• _DIRECTIONS_:
Go through the entries below and report how many lines contain the string "expanded". Nothing but the number is wanted.

• _RECORDS TO PROCESS_:
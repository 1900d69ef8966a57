use super::*;
use std::alloc::Global;
use std::test::Fail;
use y2k_base::{Bytes, FileId, List, Memory, Origin, Twin, Word, WordKind};

/// The kind of a word of these tests, by its first character. A tilde stands before a PICTURE word.
fn kind_of(first: u8) -> WordKind {
    match first {
        b'"' => WordKind::Literal,
        b'.' | b'=' | b'(' | b')' => WordKind::Mark,
        b'0'..=b'9' => WordKind::Number,
        b'~' => WordKind::Picture,
        _ => WordKind::Name,
    }
}

fn word(alloc: Global, spelled: &[u8], file: u32, column: u32) -> Result<Word, Memory> {
    let mut text = List::new(alloc);
    let mut kind = WordKind::Name;
    for i in 0..spelled.len() {
        let byte = spelled[i];
        if i == 0 {
            kind = kind_of(byte);
        }
        if byte != b'"' && byte != b'~' {
            text.push(byte)?;
        }
    }
    let origin = Origin {
        file: FileId(file),
        line: 1,
        column,
    };
    Ok(Word { text, kind, origin })
}

/// The words of a text, parted by blanks, with their numbers from 1 as columns.
fn words(alloc: Global, text: &[u8], file: u32) -> Result<List<Word>, Memory> {
    let mut list = List::new(alloc);
    let mut column = 1u32;
    for spelled in text.split(|byte| *byte == b' ') {
        list.push(word(alloc, spelled, file, column)?)?;
        column = column.saturating_add(1);
    }
    Ok(list)
}

fn book(alloc: Global, key: &[u8], text: &[u8], file: u32) -> Result<Book, Memory> {
    let mut bytes = List::new(alloc);
    bytes.append(key)?;
    Ok(Book {
        key: bytes,
        words: words(alloc, text, file)?,
    })
}

/// Books that aren't in the order of their keys.
fn books(alloc: Global) -> Result<Books, Memory> {
    let mut list = List::new(alloc);
    list.push(book(alloc, b"B", b"A . A B .", 1)?)?;
    list.push(book(alloc, b"L/B", b"IN L", 2)?)?;
    list.push(book(alloc, b"lower", b"\"A\" A ~A", 3)?)?;
    list.push(book(alloc, b"N", b"A COPY B .", 4)?)?;
    list.push(book(alloc, b"B", b"SECOND", 5)?)?;
    Ok(Books { list })
}

/// The texts of the words of an expansion, each after a blank.
fn expanded(alloc: Global, text: &[u8], books: &Books) -> Result<Bytes, CopyFault> {
    let source = words(alloc, text, 0)?;
    let expanded = expand(alloc, source.items(), books)?;
    let mut shown = List::new(alloc);
    for word in expanded.words.items() {
        shown.push(b' ')?;
        shown.append(word.text.items())?;
    }
    Ok(shown)
}

#[test]
fn statements_give_the_replaced_words_of_their_books(rt: HostRuntime) -> Result<(), Fail> {
    let alloc = rt.alloc();
    let books = books(alloc)?;
    for (text, wanted) in [
        (
            b"COPY B REPLACING == A == BY == X Y == .".as_slice(),
            b" X Y . X Y B .".as_slice(),
        ),
        (b"ONE COPY B . TWO", b" ONE A . A B . TWO"),
        (b"COPY B OF L .", b" IN L"),
        (b"COPY B IN L . COPY B .", b" IN L A . A B ."),
        (b"COPY \"lower\" REPLACING A BY Z .", b" A Z A"),
        (b"COPY B REPLACING == A . A == BY == == B BY A .", b" A ."),
        (b"COPY B REPLACING A BY B B BY C .", b" B . B C ."),
        (
            b"COPY B REPLACING == A . == BY Q == A . A == BY R .",
            b" Q A B .",
        ),
        (
            b"COPY B REPLACING == A == BY == COPY N . == .",
            b" COPY N . . COPY N . B .",
        ),
    ] {
        let shown = expanded(alloc, text, &books)?;
        assert_eq!(rt; shown.items(), wanted);
    }
    Ok(())
}

#[test]
fn books_in_order_are_found_too(rt: HostRuntime) -> Result<(), Fail> {
    let alloc = rt.alloc();
    let mut list = List::new(alloc);
    list.push(book(alloc, b"A", b"FIRST", 1)?)?;
    list.push(book(alloc, b"B", b"SECOND", 2)?)?;
    list.push(book(alloc, b"B", b"THIRD", 3)?)?;
    list.push(book(alloc, b"B/A", b"FOURTH", 4)?)?;
    let books = Books { list }.twin(alloc)?;
    let shown = expanded(alloc, b"COPY A . COPY B . COPY A OF B .", &books)?;
    assert_eq!(rt; shown.items(), b" FIRST SECOND FOURTH".as_slice());
    assert!(rt; expanded(alloc, b"COPY C .", &books).is_err());
    assert!(rt; expanded(alloc, b"COPY AA .", &books).is_err());
    Ok(())
}

fn at(column: u32) -> Origin {
    Origin {
        file: FileId(0),
        line: 1,
        column,
    }
}

#[test]
fn the_first_statement_at_fault_is_named_at_its_copy(rt: HostRuntime) -> Result<(), Fail> {
    let alloc = rt.alloc();
    let books = books(alloc)?;
    for (text, wanted) in [
        (b"COPY B".as_slice(), CopyFault::CopyShape(at(1))),
        (b"COPY Q .", CopyFault::CopyMissing(at(1))),
        (b"ONE COPY N .", CopyFault::NestedCopy(at(2))),
        (b"COPY B . COPY N . COPY B", CopyFault::NestedCopy(at(4))),
        (b"COPY MOVE .", CopyFault::CopyShape(at(1))),
        (b"COPY ZERO .", CopyFault::CopyShape(at(1))),
        (b"COPY B OF .", CopyFault::CopyShape(at(1))),
        (b"COPY B REPLACING .", CopyFault::CopyShape(at(1))),
        (
            b"COPY B REPLACING == == BY A .",
            CopyFault::CopyShape(at(1)),
        ),
        (b"COPY B REPLACING A BY 5 .", CopyFault::CopyShape(at(1))),
        (b"COPY B REPLACING A BY == B .", CopyFault::CopyShape(at(1))),
        (b"COPY B REPLACING A BY B C .", CopyFault::CopyShape(at(1))),
        (b"COPY N REPLACING A BY B", CopyFault::CopyShape(at(1))),
        (b"COPY", CopyFault::CopyShape(at(1))),
    ] {
        let fault = expanded(alloc, text, &books).err();
        assert_eq!(rt; fault, Some(wanted));
    }
    Ok(())
}

/// The files and columns of the words of an expansion.
fn origins(alloc: Global, source: &[Word], books: &Books) -> Result<List<(u32, u32)>, CopyFault> {
    let expanded = expand(alloc, source, books)?;
    let mut places = List::new(alloc);
    for word in expanded.words.items() {
        places.push((word.origin.file.0, word.origin.column))?;
    }
    Ok(places)
}

#[test]
fn replacements_have_their_origins_in_the_statement(rt: HostRuntime) -> Result<(), Fail> {
    let alloc = rt.alloc();
    let source = words(
        alloc,
        b"01 REC . COPY B REPLACING == PIC ~9(2) == BY == PIC ~9(6) == .",
        0,
    )?;
    let mut list = List::new(alloc);
    let text = b"05 T1 PIC ~9(2) . 05 T2 PIC ~9(2) .";
    list.push(book(alloc, b"B", text, 1)?)?;
    let places = origins(alloc, source.items(), &Books { list })?;
    let wanted = [
        (0u32, 1u32),
        (0, 2),
        (0, 3),
        (1, 1),
        (1, 2),
        (0, 13),
        (0, 14),
        (1, 5),
        (1, 6),
        (1, 7),
        (0, 13),
        (0, 14),
        (1, 10),
    ];
    assert_eq!(rt; places.items(), wanted.as_slice());
    Ok(())
}

/// `COPY B REPLACING` with so many pairs that match nothing, and then A BY X.
fn many_pairs(alloc: Global, count: u32) -> Result<List<Word>, Memory> {
    let mut list = words(alloc, b"COPY B REPLACING", 0)?;
    for _ in 0..count {
        list.push(word(alloc, b"P", 0, 9)?)?;
        list.push(word(alloc, b"BY", 0, 9)?)?;
        list.push(word(alloc, b"Q", 0, 9)?)?;
    }
    list.push(word(alloc, b"A", 0, 9)?)?;
    list.push(word(alloc, b"BY", 0, 9)?)?;
    list.push(word(alloc, b"X", 0, 7)?)?;
    list.push(word(alloc, b".", 0, 9)?)?;
    Ok(list)
}

#[test]
fn one_hundred_and_sixty_pairs_are_tried(rt: HostRuntime) -> Result<(), Fail> {
    let alloc = rt.alloc();
    let source = many_pairs(alloc, 159)?;
    let places = origins(alloc, source.items(), &books(alloc)?)?;
    let wanted = [(0u32, 7u32), (1, 2), (0, 7), (1, 4), (1, 5)];
    assert_eq!(rt; places.items(), wanted.as_slice());
    Ok(())
}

• _RESULT_:
10